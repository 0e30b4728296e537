// Programs.
ghost use Rattle.a_terms.specs.Arity.{ARow, ARows, a_row_prop, a_rows_prop};
ghost use Rattle.a_terms.specs.Bound.{ABound};
ghost use Rattle.a_terms.specs.NodeTrees.{a_prog, a_tree};

use crate::nodes::{ABlock, AData, ANode};

/// An allocated program: blocks and data tuples, each numbered from 0, and a main term. Each body is one term, and
/// the program is typed and within the bound of programs.
#[derive(Drop)]
pub struct AProgram {
    pub(crate) blocks: Vec<ABlock>,
    pub(crate) main: Vec<ANode>,
    pub(crate) tuples: Vec<AData>,
    ghost block_rows: { ARows blocks.items } by { a_rows_prop blocks.items },
    ghost main_row: { ARow main.items 1 } by { a_row_prop main.items 1 },
    ghost bound: { ∥ (ABound (a_prog blocks.items tuples.items) (a_tree main.items)) ∥₁ },
}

::::

Using the entries above, copy exactly the lines from the one containing "(ABound (a_prog blocks.items" through the last, both included.

ANSWER SPACE:
    ghost bound: { ∥ (ABound (a_prog blocks.items tuples.items) (a_tree main.items)) ∥₁ },
}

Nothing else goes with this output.